-- Task goal --
Output all entries verbatim.
━━━ The data ━━━
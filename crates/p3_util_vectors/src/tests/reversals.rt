//! Reversals of numbers, texts and values that cannot be cloned, checked at each place, and back.

use crate::tests::calls::{Call, count_swaps, reverse_slice};
use crate::tests::checks::{equal, found, numbers, same};
use p3_util::places::SlicePlaces;
use std::alloc::{AllocError, Global};
use std::cell::Cell;
use std::process::Abort;

/// `place` with its `digits` low binary digits in reversed order, and with no others.
pub(crate) fn reversed(place: usize, digits: u32) -> usize {
    let (mut rest, mut answer) = (place, 0usize);
    for _ in 0..digits {
        answer = answer.wrapping_mul(2).wrapping_add(rest % 2);
        rest /= 2;
    }
    answer
}

/// Asserts that a reversal of the items numbered from 0 puts the item whose number is the place
/// with reversed digits at each place, and that a second one restores the list. Returns the number
/// of swaps.
fn check_reversals<T, F: Fn(&T) -> usize>(rt: &impl Abort, list: &mut [T], number_of: F) -> u128
    requires { F.IsAlwaysCallable number_of }
{
    let digits = list.len().checked_ilog2().unwrap_or(0);
    reverse_slice(rt, list, 1);
    for (place, item) in list.iter().enumerate() {
        same(rt, place, &number_of(item), &reversed(place, digits));
    }
    let swaps = count_swaps(rt, &mut SlicePlaces::new(list), Call::Reversal);
    for (place, item) in list.iter().enumerate() {
        same(rt, place, &number_of(item), &place);
    }
    swaps
}

/// The decimal texts of the numbers from 0 to below `count`.
fn texts(alloc: Global, count: usize) -> Result<Vec<String>, AllocError> {
    let mut list = Vec::new(alloc);
    for number in 0..count {
        list.push(number.to_string(alloc)?)?;
    }
    Ok(list)
}

#[test]
fn numbers_and_texts(rt: HostRuntime) {
    let mut list = numbers(&rt, rt.alloc(), 256);
    let swaps = check_reversals(&rt, &mut list, |number| *number as usize);
    equal(&rt, &swaps, &120);
    for digits in 0..=14u32 {
        let mut list = found(&rt, texts(rt.alloc(), 1usize << digits));
        let _ = check_reversals(&rt, &mut list, |text| text.parse().unwrap_or(usize::MAX));
    }
}

/// A number that cannot be cloned, and that counts its drops.
struct Owner<'a> {
    number: usize,
    drops: &'a Cell<usize>,
}

impl Drop for Owner<'_> {
    fn drop(self) {
        let Owner { number: _, drops } = self;
        drops.set(drops.get().wrapping_add(1));
    }
}

/// The owners of the numbers from 0 to below `count`.
fn owners(alloc: Global, count: usize, drops: &Cell<usize>) -> Result<Vec<Owner<'_>>, AllocError> {
    let mut list = Vec::new(alloc);
    for number in 0..count {
        list.push(Owner { number, drops })?;
    }
    Ok(list)
}

/// No item is dropped before its list is, and then each is dropped once. The longest lists take the
/// long path, with an even and with an odd number of digits.
#[test]
fn owners_without_clone(rt: HostRuntime) {
    let mut swaps = 0;
    for digits in 0..=15u32 {
        let drops = Cell::new(0);
        let count = 1usize << digits;
        let mut list = found(&rt, owners(rt.alloc(), count, &drops));
        swaps = check_reversals(&rt, &mut list, |owner| owner.number);
        equal(&rt, &drops.get(), &0);
        drop(list);
        equal(&rt, &drops.get(), &count);
    }
    equal(&rt, &swaps, &44928);
}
━━━
-- Task answer --
filename crates/p3_util_vectors/src/tests/reversals.rt
//! Reversals of numbers, texts and values that cannot be cloned, checked at each place, and back.

use crate::tests::calls::{Call, count_swaps, reverse_slice};
use crate::tests::checks::{equal, found, numbers, same};
use p3_util::places::SlicePlaces;
use std::alloc::{AllocError, Global};
use std::cell::Cell;
use std::process::Abort;

/// `place` with its `digits` low binary digits in reversed order, and with no others.
pub(crate) fn reversed(place: usize, digits: u32) -> usize {
    let (mut rest, mut answer) = (place, 0usize);
    for _ in 0..digits {
        answer = answer.wrapping_mul(2).wrapping_add(rest % 2);
        rest /= 2;
    }
    answer
}

/// Asserts that a reversal of the items numbered from 0 puts the item whose number is the place
/// with reversed digits at each place, and that a second one restores the list. Returns the number
/// of swaps.
fn check_reversals<T, F: Fn(&T) -> usize>(rt: &impl Abort, list: &mut [T], number_of: F) -> u128
    requires { F.IsAlwaysCallable number_of }
{
    let digits = list.len().checked_ilog2().unwrap_or(0);
    reverse_slice(rt, list, 1);
    for (place, item) in list.iter().enumerate() {
        same(rt, place, &number_of(item), &reversed(place, digits));
    }
    let swaps = count_swaps(rt, &mut SlicePlaces::new(list), Call::Reversal);
    for (place, item) in list.iter().enumerate() {
        same(rt, place, &number_of(item), &place);
    }
    swaps
}

/// The decimal texts of the numbers from 0 to below `count`.
fn texts(alloc: Global, count: usize) -> Result<Vec<String>, AllocError> {
    let mut list = Vec::new(alloc);
    for number in 0..count {
        list.push(number.to_string(alloc)?)?;
    }
    Ok(list)
}

#[test]
fn numbers_and_texts(rt: HostRuntime) {
    let mut list = numbers(&rt, rt.alloc(), 256);
    let swaps = check_reversals(&rt, &mut list, |number| *number as usize);
    equal(&rt, &swaps, &120);
    for digits in 0..=14u32 {
        let mut list = found(&rt, texts(rt.alloc(), 1usize << digits));
        let _ = check_reversals(&rt, &mut list, |text| text.parse().unwrap_or(usize::MAX));
    }
}

/// A number that cannot be cloned, and that counts its drops.
struct Owner<'a> {
    number: usize,
    drops: &'a Cell<usize>,
}

impl Drop for Owner<'_> {
    fn drop(self) {
        let Owner { number: _, drops } = self;
        drops.set(drops.get().wrapping_add(1));
    }
}

/// The owners of the numbers from 0 to below `count`.
fn owners(alloc: Global, count: usize, drops: &Cell<usize>) -> Result<Vec<Owner<'_>>, AllocError> {
    let mut list = Vec::new(alloc);
    for number in 0..count {
        list.push(Owner { number, drops })?;
    }
    Ok(list)
}

/// No item is dropped before its list is, and then each is dropped once. The longest lists take the
/// long path, with an even and with an odd number of digits.
#[test]
fn owners_without_clone(rt: HostRuntime) {
    let mut swaps = 0;
    for digits in 0..=15u32 {
        let drops = Cell::new(0);
        let count = 1usize << digits;
        let mut list = found(&rt, owners(rt.alloc(), count, &drops));
        swaps = check_reversals(&rt, &mut list, |owner| owner.number);
        equal(&rt, &drops.get(), &0);
        drop(list);
        equal(&rt, &drops.get(), &count);
    }
    equal(&rt, &swaps, &44928);
}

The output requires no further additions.